Task to complete ▸ The answer must be a single number: how many lines of the records below contain "filename".

Data under study ▸
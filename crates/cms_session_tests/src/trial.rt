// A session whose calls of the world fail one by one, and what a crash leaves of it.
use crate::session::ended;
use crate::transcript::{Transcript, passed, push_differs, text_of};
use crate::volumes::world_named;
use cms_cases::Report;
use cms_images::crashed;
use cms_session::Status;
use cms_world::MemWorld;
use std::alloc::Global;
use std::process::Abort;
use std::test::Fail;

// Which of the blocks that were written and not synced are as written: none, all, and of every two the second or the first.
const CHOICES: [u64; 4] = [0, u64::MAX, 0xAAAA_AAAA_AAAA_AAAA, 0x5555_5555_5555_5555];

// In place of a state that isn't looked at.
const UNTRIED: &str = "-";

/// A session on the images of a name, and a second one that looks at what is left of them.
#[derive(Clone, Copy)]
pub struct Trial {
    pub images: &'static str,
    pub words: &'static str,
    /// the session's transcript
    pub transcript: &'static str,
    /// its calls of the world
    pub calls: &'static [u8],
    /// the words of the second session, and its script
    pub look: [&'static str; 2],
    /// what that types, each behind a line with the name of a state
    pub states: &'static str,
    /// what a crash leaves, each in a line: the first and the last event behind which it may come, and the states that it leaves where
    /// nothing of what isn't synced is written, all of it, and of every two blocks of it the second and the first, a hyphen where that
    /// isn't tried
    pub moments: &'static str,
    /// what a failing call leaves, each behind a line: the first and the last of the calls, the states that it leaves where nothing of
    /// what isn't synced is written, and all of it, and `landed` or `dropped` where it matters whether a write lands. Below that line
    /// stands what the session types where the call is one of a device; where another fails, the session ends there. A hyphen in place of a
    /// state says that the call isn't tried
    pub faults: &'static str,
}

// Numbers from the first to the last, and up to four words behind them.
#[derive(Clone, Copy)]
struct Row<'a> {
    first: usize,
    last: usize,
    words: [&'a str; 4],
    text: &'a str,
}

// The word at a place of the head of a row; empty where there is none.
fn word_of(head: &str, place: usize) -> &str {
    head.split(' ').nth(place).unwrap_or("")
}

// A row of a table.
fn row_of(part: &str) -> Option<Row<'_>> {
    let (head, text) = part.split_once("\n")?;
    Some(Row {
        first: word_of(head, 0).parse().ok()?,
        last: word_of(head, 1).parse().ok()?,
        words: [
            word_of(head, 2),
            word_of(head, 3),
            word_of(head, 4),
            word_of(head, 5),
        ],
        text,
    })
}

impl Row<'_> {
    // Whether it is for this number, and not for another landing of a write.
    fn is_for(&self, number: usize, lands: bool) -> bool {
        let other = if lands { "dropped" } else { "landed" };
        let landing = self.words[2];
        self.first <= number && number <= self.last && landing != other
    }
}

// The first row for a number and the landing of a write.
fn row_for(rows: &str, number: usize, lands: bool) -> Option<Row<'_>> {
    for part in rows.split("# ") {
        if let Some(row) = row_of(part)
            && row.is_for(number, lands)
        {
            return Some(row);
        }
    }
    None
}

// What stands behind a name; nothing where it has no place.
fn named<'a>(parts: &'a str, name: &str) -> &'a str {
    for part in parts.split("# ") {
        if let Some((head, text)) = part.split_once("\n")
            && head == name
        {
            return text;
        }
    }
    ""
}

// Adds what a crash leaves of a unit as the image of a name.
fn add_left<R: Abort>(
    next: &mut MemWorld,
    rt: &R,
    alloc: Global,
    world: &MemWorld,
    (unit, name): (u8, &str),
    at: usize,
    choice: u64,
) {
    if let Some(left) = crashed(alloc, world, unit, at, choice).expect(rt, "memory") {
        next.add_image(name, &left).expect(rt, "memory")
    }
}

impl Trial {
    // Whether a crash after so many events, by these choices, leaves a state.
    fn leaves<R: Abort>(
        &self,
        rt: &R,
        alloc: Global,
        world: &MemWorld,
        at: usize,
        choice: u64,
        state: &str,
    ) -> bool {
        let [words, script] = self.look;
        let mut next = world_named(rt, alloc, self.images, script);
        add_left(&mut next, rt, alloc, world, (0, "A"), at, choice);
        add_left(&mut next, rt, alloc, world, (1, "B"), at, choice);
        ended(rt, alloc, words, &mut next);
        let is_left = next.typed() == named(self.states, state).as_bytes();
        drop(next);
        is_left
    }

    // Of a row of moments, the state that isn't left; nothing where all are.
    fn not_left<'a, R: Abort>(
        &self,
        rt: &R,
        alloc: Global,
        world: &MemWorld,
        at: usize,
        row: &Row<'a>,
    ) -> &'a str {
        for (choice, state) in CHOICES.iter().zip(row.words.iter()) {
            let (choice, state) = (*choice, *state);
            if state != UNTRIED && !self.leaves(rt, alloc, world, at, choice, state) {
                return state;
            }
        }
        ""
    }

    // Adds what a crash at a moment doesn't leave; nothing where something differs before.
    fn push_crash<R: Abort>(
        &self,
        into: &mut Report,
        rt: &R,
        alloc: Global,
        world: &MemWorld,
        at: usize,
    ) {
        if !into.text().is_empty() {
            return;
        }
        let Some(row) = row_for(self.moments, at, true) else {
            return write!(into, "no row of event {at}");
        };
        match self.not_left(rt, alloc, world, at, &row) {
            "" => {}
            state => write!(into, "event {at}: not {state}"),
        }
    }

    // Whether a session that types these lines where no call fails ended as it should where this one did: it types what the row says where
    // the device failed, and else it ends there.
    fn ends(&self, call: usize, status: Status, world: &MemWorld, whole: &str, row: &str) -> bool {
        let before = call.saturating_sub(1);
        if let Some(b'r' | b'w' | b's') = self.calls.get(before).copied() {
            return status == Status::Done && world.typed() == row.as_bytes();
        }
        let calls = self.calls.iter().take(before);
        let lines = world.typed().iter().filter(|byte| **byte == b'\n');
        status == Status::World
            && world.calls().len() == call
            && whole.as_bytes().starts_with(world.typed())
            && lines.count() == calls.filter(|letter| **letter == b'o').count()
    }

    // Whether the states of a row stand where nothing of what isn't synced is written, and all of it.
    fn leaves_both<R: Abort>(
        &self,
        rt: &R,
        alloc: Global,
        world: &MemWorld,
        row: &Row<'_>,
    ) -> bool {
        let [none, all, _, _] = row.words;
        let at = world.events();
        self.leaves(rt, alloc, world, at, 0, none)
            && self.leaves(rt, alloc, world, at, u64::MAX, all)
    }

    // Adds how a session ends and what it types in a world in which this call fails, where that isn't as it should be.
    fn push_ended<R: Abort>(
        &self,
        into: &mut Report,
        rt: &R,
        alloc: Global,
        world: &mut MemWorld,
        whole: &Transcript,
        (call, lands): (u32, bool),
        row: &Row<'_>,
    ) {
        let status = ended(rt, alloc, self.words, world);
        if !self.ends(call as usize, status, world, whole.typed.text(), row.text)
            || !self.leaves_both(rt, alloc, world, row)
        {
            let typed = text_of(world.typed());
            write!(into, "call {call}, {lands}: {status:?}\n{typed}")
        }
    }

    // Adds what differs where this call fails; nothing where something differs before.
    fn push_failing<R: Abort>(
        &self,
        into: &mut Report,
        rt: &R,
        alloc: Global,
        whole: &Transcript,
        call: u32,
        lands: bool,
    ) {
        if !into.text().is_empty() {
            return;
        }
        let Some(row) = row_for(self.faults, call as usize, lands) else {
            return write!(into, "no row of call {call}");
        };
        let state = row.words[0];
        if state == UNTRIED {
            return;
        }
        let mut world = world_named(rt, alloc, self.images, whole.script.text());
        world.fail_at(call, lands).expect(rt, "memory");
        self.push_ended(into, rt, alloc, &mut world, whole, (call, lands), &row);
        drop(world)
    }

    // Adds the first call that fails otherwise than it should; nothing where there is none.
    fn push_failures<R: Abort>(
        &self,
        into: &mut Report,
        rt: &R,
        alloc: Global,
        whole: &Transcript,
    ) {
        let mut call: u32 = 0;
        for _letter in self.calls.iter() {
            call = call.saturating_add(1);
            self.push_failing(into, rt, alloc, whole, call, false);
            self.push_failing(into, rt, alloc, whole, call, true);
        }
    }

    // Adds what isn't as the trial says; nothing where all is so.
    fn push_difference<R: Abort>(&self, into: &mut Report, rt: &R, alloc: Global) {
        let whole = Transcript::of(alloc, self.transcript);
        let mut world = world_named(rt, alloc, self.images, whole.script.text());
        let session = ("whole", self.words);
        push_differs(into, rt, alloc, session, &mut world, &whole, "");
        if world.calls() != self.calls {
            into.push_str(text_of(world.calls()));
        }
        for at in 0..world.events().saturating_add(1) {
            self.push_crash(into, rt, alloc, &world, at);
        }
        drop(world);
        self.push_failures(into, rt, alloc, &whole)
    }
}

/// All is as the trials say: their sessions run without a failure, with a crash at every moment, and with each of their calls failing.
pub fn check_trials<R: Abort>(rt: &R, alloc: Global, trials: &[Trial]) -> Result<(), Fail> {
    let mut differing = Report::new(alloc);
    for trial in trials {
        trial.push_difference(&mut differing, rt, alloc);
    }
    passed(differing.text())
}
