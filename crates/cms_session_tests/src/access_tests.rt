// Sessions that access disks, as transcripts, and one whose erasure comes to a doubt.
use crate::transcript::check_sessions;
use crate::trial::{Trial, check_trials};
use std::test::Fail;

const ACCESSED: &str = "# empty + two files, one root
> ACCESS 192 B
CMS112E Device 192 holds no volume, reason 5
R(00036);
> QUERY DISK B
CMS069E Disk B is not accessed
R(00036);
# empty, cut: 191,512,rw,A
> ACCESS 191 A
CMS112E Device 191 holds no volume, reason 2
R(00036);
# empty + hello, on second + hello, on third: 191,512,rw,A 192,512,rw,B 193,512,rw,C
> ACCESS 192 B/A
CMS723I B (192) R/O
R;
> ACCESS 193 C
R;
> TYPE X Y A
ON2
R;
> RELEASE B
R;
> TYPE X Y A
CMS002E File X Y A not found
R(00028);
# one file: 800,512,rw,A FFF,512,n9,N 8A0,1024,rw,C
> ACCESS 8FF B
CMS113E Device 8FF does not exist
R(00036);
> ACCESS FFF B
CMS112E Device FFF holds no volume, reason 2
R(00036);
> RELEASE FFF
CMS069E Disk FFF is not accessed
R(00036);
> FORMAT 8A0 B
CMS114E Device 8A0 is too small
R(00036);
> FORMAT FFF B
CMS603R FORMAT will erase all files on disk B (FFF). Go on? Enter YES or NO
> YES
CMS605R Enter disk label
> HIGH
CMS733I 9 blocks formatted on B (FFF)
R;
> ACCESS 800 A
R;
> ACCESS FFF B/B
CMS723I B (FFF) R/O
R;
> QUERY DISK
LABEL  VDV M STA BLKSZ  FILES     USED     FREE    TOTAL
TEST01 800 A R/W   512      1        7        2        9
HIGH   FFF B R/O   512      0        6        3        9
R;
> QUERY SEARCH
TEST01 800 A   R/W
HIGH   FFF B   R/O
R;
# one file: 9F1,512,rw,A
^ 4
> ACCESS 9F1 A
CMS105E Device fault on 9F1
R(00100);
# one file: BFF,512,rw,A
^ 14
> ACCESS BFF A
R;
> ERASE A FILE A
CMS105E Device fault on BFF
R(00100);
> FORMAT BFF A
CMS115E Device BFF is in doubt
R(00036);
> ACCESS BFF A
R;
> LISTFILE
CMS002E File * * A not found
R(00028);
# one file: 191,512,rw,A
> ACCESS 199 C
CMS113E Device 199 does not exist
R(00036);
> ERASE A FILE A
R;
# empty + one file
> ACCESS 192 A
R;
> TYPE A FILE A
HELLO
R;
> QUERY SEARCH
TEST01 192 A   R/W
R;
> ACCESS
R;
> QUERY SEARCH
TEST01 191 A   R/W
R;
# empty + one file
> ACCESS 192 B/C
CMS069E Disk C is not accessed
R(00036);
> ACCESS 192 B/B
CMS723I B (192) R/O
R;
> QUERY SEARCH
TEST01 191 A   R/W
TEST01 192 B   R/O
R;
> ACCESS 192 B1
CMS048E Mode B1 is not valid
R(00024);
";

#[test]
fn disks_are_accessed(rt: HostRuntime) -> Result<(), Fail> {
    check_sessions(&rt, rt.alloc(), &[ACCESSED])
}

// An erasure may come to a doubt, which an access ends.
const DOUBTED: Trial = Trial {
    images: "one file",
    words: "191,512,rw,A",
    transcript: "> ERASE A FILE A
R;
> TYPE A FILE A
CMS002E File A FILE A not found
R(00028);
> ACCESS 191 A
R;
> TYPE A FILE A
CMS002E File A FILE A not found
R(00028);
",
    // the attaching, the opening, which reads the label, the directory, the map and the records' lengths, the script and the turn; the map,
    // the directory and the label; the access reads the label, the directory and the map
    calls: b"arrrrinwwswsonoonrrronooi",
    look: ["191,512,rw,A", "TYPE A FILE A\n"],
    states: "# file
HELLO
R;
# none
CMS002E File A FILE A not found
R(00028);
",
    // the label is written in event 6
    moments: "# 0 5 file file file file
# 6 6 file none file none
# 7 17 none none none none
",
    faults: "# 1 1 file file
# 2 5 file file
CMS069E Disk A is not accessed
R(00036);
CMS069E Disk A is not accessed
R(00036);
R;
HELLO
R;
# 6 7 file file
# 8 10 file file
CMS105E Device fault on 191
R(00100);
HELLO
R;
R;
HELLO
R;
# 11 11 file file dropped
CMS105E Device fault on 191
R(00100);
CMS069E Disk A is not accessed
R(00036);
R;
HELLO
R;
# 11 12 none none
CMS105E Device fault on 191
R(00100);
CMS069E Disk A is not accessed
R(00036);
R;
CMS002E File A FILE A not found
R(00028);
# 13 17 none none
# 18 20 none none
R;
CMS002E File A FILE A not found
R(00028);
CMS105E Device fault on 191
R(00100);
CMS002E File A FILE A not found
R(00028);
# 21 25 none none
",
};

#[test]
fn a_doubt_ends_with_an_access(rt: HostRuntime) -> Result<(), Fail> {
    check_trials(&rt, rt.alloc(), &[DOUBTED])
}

Solution for this exercise ▸ 2